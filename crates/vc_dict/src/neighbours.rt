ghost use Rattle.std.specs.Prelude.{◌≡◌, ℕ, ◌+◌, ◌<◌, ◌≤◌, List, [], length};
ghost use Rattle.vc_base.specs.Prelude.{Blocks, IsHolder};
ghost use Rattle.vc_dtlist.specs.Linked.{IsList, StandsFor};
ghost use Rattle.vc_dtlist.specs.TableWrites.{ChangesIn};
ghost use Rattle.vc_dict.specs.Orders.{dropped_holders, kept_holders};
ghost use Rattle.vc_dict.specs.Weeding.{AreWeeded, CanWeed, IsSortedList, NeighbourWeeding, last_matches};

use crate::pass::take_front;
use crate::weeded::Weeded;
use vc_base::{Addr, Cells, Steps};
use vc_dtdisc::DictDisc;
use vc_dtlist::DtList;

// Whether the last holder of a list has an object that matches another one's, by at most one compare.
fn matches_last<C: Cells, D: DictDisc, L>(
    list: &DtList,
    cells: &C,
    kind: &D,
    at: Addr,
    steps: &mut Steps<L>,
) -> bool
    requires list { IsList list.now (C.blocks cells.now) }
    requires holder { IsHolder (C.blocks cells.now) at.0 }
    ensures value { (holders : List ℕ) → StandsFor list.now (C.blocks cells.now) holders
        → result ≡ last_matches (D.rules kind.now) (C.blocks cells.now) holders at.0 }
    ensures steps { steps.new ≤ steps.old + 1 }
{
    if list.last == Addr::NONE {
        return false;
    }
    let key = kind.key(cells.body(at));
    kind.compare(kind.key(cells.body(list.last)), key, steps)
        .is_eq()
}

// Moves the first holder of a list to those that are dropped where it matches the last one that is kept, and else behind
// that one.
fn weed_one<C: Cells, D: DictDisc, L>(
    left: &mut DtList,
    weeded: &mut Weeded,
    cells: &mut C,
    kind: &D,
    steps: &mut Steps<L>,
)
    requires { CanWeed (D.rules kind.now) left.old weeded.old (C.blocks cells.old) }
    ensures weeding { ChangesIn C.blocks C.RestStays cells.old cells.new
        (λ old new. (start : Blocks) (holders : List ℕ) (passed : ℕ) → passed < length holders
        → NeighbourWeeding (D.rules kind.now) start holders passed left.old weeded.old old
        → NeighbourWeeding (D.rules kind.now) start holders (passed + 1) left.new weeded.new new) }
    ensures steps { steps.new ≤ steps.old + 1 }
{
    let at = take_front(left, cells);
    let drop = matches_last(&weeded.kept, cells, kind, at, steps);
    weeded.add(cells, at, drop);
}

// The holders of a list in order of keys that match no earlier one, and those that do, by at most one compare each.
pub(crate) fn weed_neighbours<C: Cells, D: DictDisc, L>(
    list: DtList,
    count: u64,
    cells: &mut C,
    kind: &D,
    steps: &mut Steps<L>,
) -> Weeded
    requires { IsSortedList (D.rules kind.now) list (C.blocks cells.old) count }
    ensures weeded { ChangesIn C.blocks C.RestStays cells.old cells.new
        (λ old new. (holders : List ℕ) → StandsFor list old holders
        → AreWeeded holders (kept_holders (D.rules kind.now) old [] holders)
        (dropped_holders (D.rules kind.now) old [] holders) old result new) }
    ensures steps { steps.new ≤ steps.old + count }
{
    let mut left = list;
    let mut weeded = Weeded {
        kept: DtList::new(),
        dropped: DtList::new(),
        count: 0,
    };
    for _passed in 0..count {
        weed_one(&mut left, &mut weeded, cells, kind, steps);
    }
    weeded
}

==============================

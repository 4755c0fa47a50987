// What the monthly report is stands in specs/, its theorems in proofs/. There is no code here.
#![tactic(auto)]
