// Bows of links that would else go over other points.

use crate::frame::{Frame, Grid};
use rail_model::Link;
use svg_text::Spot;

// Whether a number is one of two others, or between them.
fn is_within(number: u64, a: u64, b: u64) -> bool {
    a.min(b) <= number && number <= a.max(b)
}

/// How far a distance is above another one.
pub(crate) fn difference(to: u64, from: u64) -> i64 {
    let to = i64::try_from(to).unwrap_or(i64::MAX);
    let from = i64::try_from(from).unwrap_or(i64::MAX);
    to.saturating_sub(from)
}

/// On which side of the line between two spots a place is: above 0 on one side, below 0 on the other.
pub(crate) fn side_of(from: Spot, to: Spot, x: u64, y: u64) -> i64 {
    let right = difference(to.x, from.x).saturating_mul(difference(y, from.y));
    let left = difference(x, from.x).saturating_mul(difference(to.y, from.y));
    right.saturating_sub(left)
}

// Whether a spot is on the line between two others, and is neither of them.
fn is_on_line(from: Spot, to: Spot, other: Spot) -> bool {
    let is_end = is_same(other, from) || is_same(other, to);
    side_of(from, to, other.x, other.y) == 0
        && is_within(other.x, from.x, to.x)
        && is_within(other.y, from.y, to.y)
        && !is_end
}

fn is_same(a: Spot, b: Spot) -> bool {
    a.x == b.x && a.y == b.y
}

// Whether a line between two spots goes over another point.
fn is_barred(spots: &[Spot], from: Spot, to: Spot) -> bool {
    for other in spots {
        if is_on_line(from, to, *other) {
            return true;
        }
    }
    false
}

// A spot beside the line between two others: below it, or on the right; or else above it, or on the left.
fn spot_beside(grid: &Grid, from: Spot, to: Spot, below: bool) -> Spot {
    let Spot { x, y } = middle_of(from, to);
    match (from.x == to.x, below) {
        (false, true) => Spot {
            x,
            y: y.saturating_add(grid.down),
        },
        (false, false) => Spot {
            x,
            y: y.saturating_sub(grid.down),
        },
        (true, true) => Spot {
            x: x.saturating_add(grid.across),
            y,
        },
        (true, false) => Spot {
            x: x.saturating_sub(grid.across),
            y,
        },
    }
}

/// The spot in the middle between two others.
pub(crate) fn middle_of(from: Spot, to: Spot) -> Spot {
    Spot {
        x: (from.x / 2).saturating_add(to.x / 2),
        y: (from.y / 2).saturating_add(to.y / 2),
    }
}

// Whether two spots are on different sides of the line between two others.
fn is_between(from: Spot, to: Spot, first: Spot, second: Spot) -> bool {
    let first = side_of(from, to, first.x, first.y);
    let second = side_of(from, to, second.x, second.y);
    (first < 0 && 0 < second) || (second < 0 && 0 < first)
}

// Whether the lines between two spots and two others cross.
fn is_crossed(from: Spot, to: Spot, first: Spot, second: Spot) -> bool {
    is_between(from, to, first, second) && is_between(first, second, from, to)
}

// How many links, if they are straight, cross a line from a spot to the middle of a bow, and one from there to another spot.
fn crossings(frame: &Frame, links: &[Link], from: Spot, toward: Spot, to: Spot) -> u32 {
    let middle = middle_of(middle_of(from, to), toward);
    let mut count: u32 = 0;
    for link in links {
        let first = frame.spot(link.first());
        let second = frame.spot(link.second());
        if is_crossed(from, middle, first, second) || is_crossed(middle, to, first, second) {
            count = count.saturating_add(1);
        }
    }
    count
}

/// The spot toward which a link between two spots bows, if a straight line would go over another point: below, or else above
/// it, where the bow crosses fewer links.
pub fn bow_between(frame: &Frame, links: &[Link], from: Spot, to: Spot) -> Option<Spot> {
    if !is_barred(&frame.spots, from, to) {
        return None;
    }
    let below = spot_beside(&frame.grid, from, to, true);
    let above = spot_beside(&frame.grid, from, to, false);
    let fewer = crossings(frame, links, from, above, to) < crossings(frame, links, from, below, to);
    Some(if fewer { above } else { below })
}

==============================

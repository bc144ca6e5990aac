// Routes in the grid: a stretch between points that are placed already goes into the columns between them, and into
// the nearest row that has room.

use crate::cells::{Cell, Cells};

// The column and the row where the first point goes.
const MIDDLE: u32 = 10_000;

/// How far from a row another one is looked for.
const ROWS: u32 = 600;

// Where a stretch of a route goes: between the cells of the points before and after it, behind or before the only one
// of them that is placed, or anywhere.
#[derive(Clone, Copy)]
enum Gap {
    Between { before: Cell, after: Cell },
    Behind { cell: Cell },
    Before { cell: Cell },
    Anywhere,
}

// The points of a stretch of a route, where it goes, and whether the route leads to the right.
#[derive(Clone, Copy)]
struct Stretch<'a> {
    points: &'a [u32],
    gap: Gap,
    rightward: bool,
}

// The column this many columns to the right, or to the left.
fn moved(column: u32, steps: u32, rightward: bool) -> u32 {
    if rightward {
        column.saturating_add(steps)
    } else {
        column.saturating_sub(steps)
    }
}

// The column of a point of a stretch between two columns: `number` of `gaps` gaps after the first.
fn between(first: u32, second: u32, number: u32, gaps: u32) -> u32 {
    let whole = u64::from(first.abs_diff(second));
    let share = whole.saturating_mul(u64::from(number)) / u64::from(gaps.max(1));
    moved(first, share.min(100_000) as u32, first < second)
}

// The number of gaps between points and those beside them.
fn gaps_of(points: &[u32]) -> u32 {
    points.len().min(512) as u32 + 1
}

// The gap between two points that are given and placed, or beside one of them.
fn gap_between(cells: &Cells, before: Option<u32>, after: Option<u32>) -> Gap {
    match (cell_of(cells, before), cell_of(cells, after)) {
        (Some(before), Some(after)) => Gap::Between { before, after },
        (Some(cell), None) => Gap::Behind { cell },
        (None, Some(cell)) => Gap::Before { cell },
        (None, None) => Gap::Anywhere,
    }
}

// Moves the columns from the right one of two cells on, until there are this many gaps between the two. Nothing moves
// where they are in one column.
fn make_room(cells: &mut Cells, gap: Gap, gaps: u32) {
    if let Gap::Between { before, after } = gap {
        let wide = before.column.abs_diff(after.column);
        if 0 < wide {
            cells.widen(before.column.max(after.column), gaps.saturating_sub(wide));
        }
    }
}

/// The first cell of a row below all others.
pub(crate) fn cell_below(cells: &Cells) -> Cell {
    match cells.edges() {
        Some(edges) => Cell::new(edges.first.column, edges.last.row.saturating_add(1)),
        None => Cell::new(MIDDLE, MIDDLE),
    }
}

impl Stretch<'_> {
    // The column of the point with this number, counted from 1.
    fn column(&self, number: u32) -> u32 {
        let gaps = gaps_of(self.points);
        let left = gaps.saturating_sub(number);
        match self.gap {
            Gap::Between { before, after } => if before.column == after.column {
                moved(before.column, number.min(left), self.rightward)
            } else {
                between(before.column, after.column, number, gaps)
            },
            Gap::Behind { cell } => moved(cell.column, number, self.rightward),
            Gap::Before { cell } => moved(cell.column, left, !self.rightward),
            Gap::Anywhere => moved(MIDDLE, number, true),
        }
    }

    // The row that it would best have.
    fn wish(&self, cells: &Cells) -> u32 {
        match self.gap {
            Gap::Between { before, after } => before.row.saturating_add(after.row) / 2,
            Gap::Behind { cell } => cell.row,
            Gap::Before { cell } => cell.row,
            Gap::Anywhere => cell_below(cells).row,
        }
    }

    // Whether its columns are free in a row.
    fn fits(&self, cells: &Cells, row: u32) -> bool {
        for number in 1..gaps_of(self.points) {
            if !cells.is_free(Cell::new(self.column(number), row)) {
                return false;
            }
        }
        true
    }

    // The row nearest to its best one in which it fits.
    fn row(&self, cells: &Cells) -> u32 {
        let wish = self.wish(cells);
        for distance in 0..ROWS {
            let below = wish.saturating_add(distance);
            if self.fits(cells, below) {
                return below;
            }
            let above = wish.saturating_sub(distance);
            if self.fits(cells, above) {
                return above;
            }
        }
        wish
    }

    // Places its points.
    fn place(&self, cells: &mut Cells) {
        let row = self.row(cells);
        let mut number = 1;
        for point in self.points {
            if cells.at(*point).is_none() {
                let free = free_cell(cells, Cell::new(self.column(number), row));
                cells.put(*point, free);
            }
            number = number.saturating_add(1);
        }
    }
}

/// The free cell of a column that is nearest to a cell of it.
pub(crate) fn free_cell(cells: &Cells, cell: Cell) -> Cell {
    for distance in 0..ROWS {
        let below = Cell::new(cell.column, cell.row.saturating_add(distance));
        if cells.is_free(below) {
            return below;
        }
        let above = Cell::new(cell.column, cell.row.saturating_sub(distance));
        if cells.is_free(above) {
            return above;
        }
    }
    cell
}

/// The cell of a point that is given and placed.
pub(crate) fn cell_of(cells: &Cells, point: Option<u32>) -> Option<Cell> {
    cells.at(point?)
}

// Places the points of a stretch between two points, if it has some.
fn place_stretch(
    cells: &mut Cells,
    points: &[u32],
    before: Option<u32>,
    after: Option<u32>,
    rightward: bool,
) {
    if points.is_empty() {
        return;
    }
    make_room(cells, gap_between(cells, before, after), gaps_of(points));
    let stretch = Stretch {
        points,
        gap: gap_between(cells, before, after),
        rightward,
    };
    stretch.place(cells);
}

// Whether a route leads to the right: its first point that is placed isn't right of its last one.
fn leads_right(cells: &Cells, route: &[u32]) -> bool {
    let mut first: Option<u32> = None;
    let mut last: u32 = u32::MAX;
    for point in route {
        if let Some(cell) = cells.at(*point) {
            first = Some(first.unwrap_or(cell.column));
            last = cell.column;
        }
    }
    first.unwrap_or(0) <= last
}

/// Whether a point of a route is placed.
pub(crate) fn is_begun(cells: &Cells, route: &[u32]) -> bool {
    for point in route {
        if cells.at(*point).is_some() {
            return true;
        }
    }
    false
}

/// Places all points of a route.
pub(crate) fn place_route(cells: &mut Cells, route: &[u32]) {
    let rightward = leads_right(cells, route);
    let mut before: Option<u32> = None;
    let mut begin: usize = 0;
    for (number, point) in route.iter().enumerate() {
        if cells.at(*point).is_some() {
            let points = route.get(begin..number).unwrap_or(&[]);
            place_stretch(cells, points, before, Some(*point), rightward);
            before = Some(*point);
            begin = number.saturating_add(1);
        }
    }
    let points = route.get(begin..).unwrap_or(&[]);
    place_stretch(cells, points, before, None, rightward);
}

==============================

#### What the task asks
Copy out, from the records above, every line that holds the string "another".

#### Completed task
// Whether the last holder of a list has an object that matches another one's, by at most one compare.
/// How far a distance is above another one.
// Whether a line between two spots goes over another point.
// How many links, if they are straight, cross a line from a spot to the middle of a bow, and one from there to another spot.
/// The spot toward which a link between two spots bows, if a straight line would go over another point: below, or else above
/// How far from a row another one is looked for.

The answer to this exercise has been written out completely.